The real moral: don't think of YouTube (a public video discovery platform) as
a cloud backup tool. They don't pretend to be and you shouldn't think of it as
so.

------
nurettin
Agadmator (a chess youtuber) complained about his live podcast being taken
down by youtube as well. It appears there is a new youtube algorithm out there
which doesn't like it when black's position is compromised by white.

------
vezycash
The problem with bandwidth is that its cure is largely political.

Legislations and agreements that prevent competition, community run ISPs...
Help YouTube.

On more thought, bandwidth isn't the major politically caused road block. It's
copyright laws.

Facebook and Microsoft are both capable of building YouTube clones.

But Microsoft has limited itself to cooperate video hosting.

And I believe Facebook has intentionally bad video discovery mechanism to keep
copyright sharks at bay.

Porn hosting is pretty much triving in part because copyright laws /
enforcement is weak there.

YouTube started aggressive, automated takedowns because of copyright laws.
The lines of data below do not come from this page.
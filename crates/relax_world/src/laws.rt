//! Laws of the machine. Each is the contract of a function that does nothing.

ghost use Rattle.std.specs.Prelude.{◌≡◌, ℕ, ◌<◌, List, length, slice_index};
ghost use Rattle.std.specs.List.{fold};
ghost use Rattle.relax_system.specs.declared.side.Side.{Side};
ghost use Rattle.relax_system.specs.declared.points.Point.{Point};
ghost use Rattle.relax_system.specs.System.{IsValid};
ghost use Rattle.relax_table.specs.Step.{word_after, seen_after};
ghost use Rattle.book_files.specs.declared.schedule.Event.{Event};
ghost use Rattle.book_files.specs.Schedule.{seat_of, point_of};
ghost use Rattle.relax_world.specs.World.{WorldState, first_world, world_after, kind_of, seen_by};
ghost use Rattle.relax_world.specs.Sound.{IsSoundWorld};

/// Whatever the schedule, what holds of the machine holds behind it.
pub fn schedules_are_sound()
    ensures { (side : Side) (points : List Point) (seats : ℕ) (events : List Event) → IsValid points
        → IsSoundWorld (fold world_after (first_world side points seats) events) }
{}

/// An event of a seat and a point that are there is the step of a table's seat: of the word that it finds, and of what its seat has
/// seen.
pub fn steps_are_of_tables()
    ensures word { (w : WorldState) (e : Event) → seat_of e < length w.seen → point_of e < length w.words
        → slice_index (world_after w e).words (point_of e)
        ≡ word_after w.side w.system (kind_of e) (point_of e) (slice_index w.words (point_of e)) (seen_by w (seat_of e)) }
    ensures seen { (w : WorldState) (e : Event) → seat_of e < length w.seen → point_of e < length w.words
        → seen_by (world_after w e) (seat_of e)
        ≡ seen_after w.side w.system (kind_of e) (point_of e) (slice_index w.words (point_of e)) (seen_by w (seat_of e)) }
{}
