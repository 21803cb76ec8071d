//! A schedule, read and played on one side of one axis.

ghost use Rattle.relax_world.specs.World.{IsSeatCount};

use crate::texts::load_text;
use crate::watch::{Answer, NO_MEMORY, Watch};
use book_files::read_schedule;
use relax_system::{Side, System};
use relax_world::play;

/// Reads the schedule of that name, plays it from below by so many seats, and prints the raises of each.
pub fn measure_schedule(
    rt: &HostRuntime,
    watch: &mut Watch<'_>,
    system: &System,
    name: &str,
    seats: u32,
) -> Answer<()>
    requires { IsSeatCount seats }
{
    let text = load_text(rt, name)?;
    watch.begin()?;
    let Ok(events) = read_schedule(rt.alloc(), &text) else {
        return Err("the schedule isn't read");
    };
    watch.end("read schedule", &events)?;
    let Ok(played) = play(rt.alloc(), system, Side::Floor, seats, events.as_slice()) else {
        return Err(NO_MEMORY);
    };
    watch.end("play", &played)?;
    for raises in played.raises.as_slice() {
        watch.tell("raises", *raises)?;
    }
    Ok(())
}
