//! Times each step of the whole command once, on a design's files.
//!
//! `step_bench DESIGN [CUTS [TIMES [SCHEDULE [SEATS]]]]` loads the design of that aux file, cuts its core CUTS times, by default 4,
//! and once more, and measures its wire length TIMES times, by default once. Where a file of events is named, it is played, too, by
//! SEATS seats, by default 4, and a line `raises N` for each seat tells how many of its renewals changed a word. Where cells stand is what the placement file says, so that nothing
//! is solved but one side of one axis. Standard error gets a line `STEP MICROSECONDS us` for each step; standard output a line
//! `STEP COUNT SUM` with how many there are of what it made, and a sum over all of it (`src/made.rt`).
#![tactic(auto)]

mod cells;
mod joined;
mod levels;
mod made;
mod placement;
mod rows;
mod schedule;
mod sums;
mod texts;
mod watch;

use crate::cells::{areas, cells_as_placed};
use crate::joined::joined;
use crate::levels::measure_levels;
use crate::made::Points;
use crate::rows::measure_rows;
use crate::schedule::measure_schedule;
use crate::texts::load_texts;
use crate::watch::{Answer, NO_MEMORY, Watch};
use net_model::network;
use pad_reach::reach;
use relax_world::MOST_WORLD_SEATS;
use std::env;
use std::process::ExitCode;
use std::thread::Threads;

/// What a run with other words ends with.
const USAGE: &str = "usage: step_bench DESIGN [CUTS [TIMES [SCHEDULE [SEATS]]]]";

/// What the words ask for.
#[derive(Drop)]
struct Asked {
    /// The name of the aux file.
    design: String,
    /// How often the core is cut.
    cuts: u32,
    /// How often the wire length is measured.
    times: u32,
    /// The name of a schedule.
    schedule: Option<String>,
    /// How many seats play it.
    seats: u32,
}

fn main(rt: HostRuntime) -> ExitCode {
    match run(&rt, &rt) {
        Ok(()) => ExitCode::SUCCESS,
        Err(why) => {
            let _told = eprintln!(rt; "step_bench: {why}");
            ExitCode::FAILURE
        }
    }
}

/// Times the steps. What may start threads stands apart, since only `main` can say that its runtime may.
fn run<R: Threads + Sync>(threads: &R, rt: &HostRuntime) -> Answer<()> {
    let asked = words_of(rt)?;
    let alloc = rt.alloc();
    let mut watch = Watch::new(rt)?;
    let texts = load_texts(rt, asked.design.as_str())?;
    watch.end("load", &texts)?;
    let design = joined(alloc, &mut watch, &texts)?;
    let Ok(network) = network(alloc, &design) else {
        return Err("the network isn't made");
    };
    watch.end("network", &network)?;
    let Ok(_) = reach(alloc, &network) else {
        return Err("a cell reaches no pad");
    };
    watch.end("reach", &Points(network.points()))?;
    let areas = areas(alloc, &network)?;
    let Ok(cells) = cells_as_placed(alloc, &design, network.stars()) else {
        return Err(NO_MEMORY);
    };
    let systems = measure_levels(alloc, &mut watch, &network, &areas, &cells, asked.cuts)?;
    if let Some(name) = &asked.schedule {
        if asked.seats < 1 || asked.seats > MOST_WORLD_SEATS {
            return Err(USAGE);
        }
        measure_schedule(rt, &mut watch, &systems.x, name.as_str(), asked.seats)?;
    }
    measure_rows(
        threads,
        alloc,
        &mut watch,
        &design,
        &areas,
        &cells,
        asked.times,
    )
}

/// What the words behind the program's name ask for.
fn words_of(rt: &HostRuntime) -> Answer<Asked> {
    let Ok(mut words) = env::args(rt) else {
        return Err(USAGE);
    };
    let _program = words.next();
    let Some(design) = words.next() else {
        return Err(USAGE);
    };
    Ok(Asked {
        design,
        cuts: number_of(words.next(), 4)?,
        times: number_of(words.next(), 1)?,
        schedule: words.next(),
        seats: number_of(words.next(), 4)?,
    })
}

/// The number that a word is, and the usual one where there is no word.
fn number_of(word: Option<String>, usual: u32) -> Answer<u32> {
    let Some(word) = word else {
        return Ok(usual);
    };
    match word.as_str().parse::<u32>() {
        Ok(number) => Ok(number),
        Err(_) => Err(USAGE),
    }
}
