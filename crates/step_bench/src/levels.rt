//! The steps from a network to the lower coordinates of a level on one axis.

ghost use Rattle.std.specs.Prelude.{◌≡◌, ◌^◌, ◌<◌, ◌≤◌, length, sum, IfOk};
ghost use Rattle.relax_system.specs.declared.valid.TheConstants.{MOST_COORDINATE};
ghost use Rattle.relax_table.specs.Floor.{IsFloorStart};
ghost use Rattle.area_cut.specs.Regions.{ArePartition, AreShares, AreWithin};
ghost use Rattle.level_run.specs.Levels.{HasChains};

use crate::cells::{Cells, coordinate};
use crate::watch::{Answer, NO_MEMORY, Watch};
use area_cut::{Axis, Regions, cut, parts_share, whole};
use book_design::Core;
use book_text::Memory;
use level_run::project;
use net_model::Network;
use relax_system::System;
use relax_table::{FloorTable, Steps, ends_may_start};
use std::alloc::{AllocError, Global};
use std::marker::Brand;
use std::sync::ledger::{Blank, Ledger};

/// The systems of a level on both axes.
#[derive(Drop)]
pub struct Systems {
    pub x: System,
    pub y: System,
}

/// Cuts the core so often and once more, projects the network over the regions before that, and settles the x axis from below.
pub fn measure_levels(
    alloc: Global,
    watch: &mut Watch<'_>,
    network: &Network,
    areas: &[u64],
    cells: &Cells,
    cuts: u32,
) -> Answer<Systems>
    requires chains { HasChains network.now }
    requires all { length areas.now ≡ length network.now.points }
    requires fits { sum areas.now < 2 ^ 64 }
{
    let (xs, ys) = (cells.xs.as_slice(), cells.ys.as_slice());
    if xs.len() != network.points() || ys.len() != network.points() {
        return Err("a cell has no place");
    }
    watch.begin()?;
    let Ok(regions) = cut_often(alloc, network, areas, xs, ys, cuts) else {
        return Err(NO_MEMORY);
    };
    watch.end("cuts", &regions)?;
    let Ok(parts) = cut(alloc, &regions, areas, xs, ys) else {
        return Err(NO_MEMORY);
    };
    watch.end("cut", &parts)?;
    let Ok(x) = project(alloc, network, Axis::X, &regions, xs) else {
        return Err(NO_MEMORY);
    };
    let Ok(y) = project(alloc, network, Axis::Y, &regions, ys) else {
        return Err(NO_MEMORY);
    };
    let systems = Systems { x, y };
    watch.end("project", &systems)?;
    if systems.x.points() != 0 {
        settle::<Brand>(alloc, watch, &systems.x, Blank::new(1))?;
    }
    Ok(systems)
}

/// The core with all points, cut so often.
fn cut_often(
    alloc: Global,
    network: &Network,
    areas: &[u64],
    xs: &[u64],
    ys: &[u64],
    cuts: u32,
) -> Result<Regions, Memory>
    requires all { length areas.now ≡ length network.now.points }
    requires xs { length xs.now ≡ length areas.now }
    requires ys { length ys.now ≡ length areas.now }
    requires fits { sum areas.now < 2 ^ 64 }
    ensures areas { IfOk result (ArePartition (length areas.now)) }
    ensures points { IfOk result (ArePartition (length network.now.points)) }
    ensures within { IfOk result (AreWithin MOST_COORDINATE) }
{
    parts_share();
    let mut regions = core_of(alloc, network.core(), network.points())?;
    let _regions = regions.as_slice();
    for _ in 0..cuts {
        regions = cut(alloc, &regions, areas, xs, ys)?;
    }
    Ok(regions)
}

/// The core with all points.
fn core_of(alloc: Global, core: Core, points: usize) -> Result<Regions, Memory>
    requires { points ≤ 2 ^ 32 }
    ensures { IfOk result (AreShares points MOST_COORDINATE) }
{
    let (left, bottom) = (coordinate(core.xlo), coordinate(core.ylo));
    let right = coordinate(core.xhi).max(left);
    let top = coordinate(core.yhi).max(bottom);
    whole(alloc, points, left, right, bottom, top)
}

/// Settles one seat of a floor table from the bottoms of the boxes.
fn settle<L: Ledger>(
    alloc: Global,
    watch: &mut Watch<'_>,
    system: &System,
    blank: Blank,
) -> Answer<()>
    requires some { 0 < length system.now }
    requires name { blank.name ≡ L.name }
    requires parts { blank.parts ≡ L.parts }
    requires any { 0 < L.parts }
{
    let mut steps = Steps::<L>::new(blank);
    let Ok(start) = bottoms(alloc, system) else {
        return Err(NO_MEMORY);
    };
    let Ok((table, mut seat)) = FloorTable::new(alloc, system, &start) else {
        return Err(NO_MEMORY);
    };
    watch.begin()?;
    table.settle(&mut seat, &mut steps);
    watch.end("settle", &seat)
}

/// The bottoms of the boxes.
fn bottoms(alloc: Global, system: &System) -> Result<Vec<u64>, AllocError>
    requires { 0 < length system.now }
    ensures { IfOk result (λ v. IsFloorStart system.now v.items) }
{
    ends_may_start();
    let mut start = Vec::new(alloc);
    for i in 0..system.points() {
        start.push(system.point(i).lo)?;
    }
    Ok(start)
}
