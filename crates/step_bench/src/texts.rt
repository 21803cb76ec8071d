//! The texts of a design's files.

ghost use Rattle.std.specs.Prelude.{◌≤◌, length, vec_len, IfOk};
ghost use Rattle.book_files.specs.declared.loading.TheConstants.{MOST_BYTES};

use crate::watch::{Answer, NO_MEMORY};
use book_files::{AuxFile, MOST_BYTES, load, read_aux};
use book_outer::{Folder, HostFolder};
use std::alloc::Global;
use std::path::Path;

/// The texts of a design's files but for its aux file.
#[derive(Drop)]
pub struct Texts {
    pub nodes: Vec<u8>,
    pub nets: Vec<u8>,
    pub wts: Option<Vec<u8>>,
    pub pl: Vec<u8>,
    pub scl: Vec<u8>,
    ghost nodes_short: { length nodes.items ≤ MOST_BYTES },
    ghost nets_short: { length nets.items ≤ MOST_BYTES },
    ghost scl_short: { length scl.items ≤ MOST_BYTES },
}

/// Loads the files of the design, each once.
pub fn load_texts(rt: &HostRuntime, design: &str) -> Answer<Texts> {
    let files: Result<_, _> = rt.clone();
    match files {
        Ok(files) => gather(rt.alloc(), &mut HostFolder::new(files), design),
        Err(_) => Err(NO_MEMORY),
    }
}

/// Loads a file by its name as it stands.
pub fn load_text(rt: &HostRuntime, name: &str) -> Answer<Vec<u8>> {
    let files: Result<_, _> = rt.clone();
    match files {
        Ok(files) => text(rt.alloc(), &mut HostFolder::new(files), name),
        Err(_) => Err(NO_MEMORY),
    }
}

fn gather<F: Folder>(alloc: Global, folder: &mut F, design: &str) -> Answer<Texts> {
    let aux = text(alloc, folder, design)?;
    let Ok(names) = read_aux(alloc, &aux) else {
        return Err("the aux file isn't read");
    };
    texts_of(alloc, folder, design, &names)
}

fn texts_of<F: Folder>(
    alloc: Global,
    folder: &mut F,
    design: &str,
    names: &AuxFile<'_>,
) -> Answer<Texts> {
    let nodes = text_beside(alloc, folder, design, names.nodes)?;
    let nets = text_beside(alloc, folder, design, names.nets)?;
    let wts = match names.wts {
        Some(name) => Some(text_beside(alloc, folder, design, name)?),
        None => None,
    };
    let pl = text_beside(alloc, folder, design, names.pl)?;
    let scl = text_beside(alloc, folder, design, names.scl)?;
    Ok(Texts {
        nodes,
        nets,
        wts,
        pl,
        scl,
    })
}

/// The text of a file that stands beside the design's aux file.
fn text_beside<F: Folder>(
    alloc: Global,
    folder: &mut F,
    design: &str,
    name: &str,
) -> Answer<Vec<u8>>
    ensures { IfOk result (λ text. vec_len text ≤ MOST_BYTES) }
{
    let path = Path::new(design).with_file_name(alloc, name);
    match path {
        Ok(path) => text(alloc, folder, path.as_str()),
        Err(_) => Err(NO_MEMORY),
    }
}

fn text<F: Folder>(alloc: Global, folder: &mut F, name: &str) -> Answer<Vec<u8>>
    ensures { IfOk result (λ text. vec_len text ≤ MOST_BYTES) }
{
    match load(alloc, folder, name) {
        Ok(text) => Ok(text),
        Err(_) => Err("a file isn't loaded"),
    }
}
Fix the laws and the tech will take care of the rest.

------
thewhitetulip
And Youtube let's fraudsters who claim to get you money for free run channels.
I tweeted to them about the recently fraudulent ads that I see, but they take
no action. I still see the same ads over and over again. they seem to be
targeting the gullible people who want 'secret pubg level' or 'get cashback of
500 in one hour' or get '10000 subscribers within one day'. all of which are
fraudulent, that I am sure.

------
jaybuff
John Gruber and Ben Thompson discussed a comparison of podcast vs. youtube and
how podcasting isn't dominated by one company like youtube is for video. This
is in the context of Joe Rogan moving to spotify.
[https://overcast.fm/+B7NB1G3rw/44:01](https://overcast.fm/+B7NB1G3rw/44:01)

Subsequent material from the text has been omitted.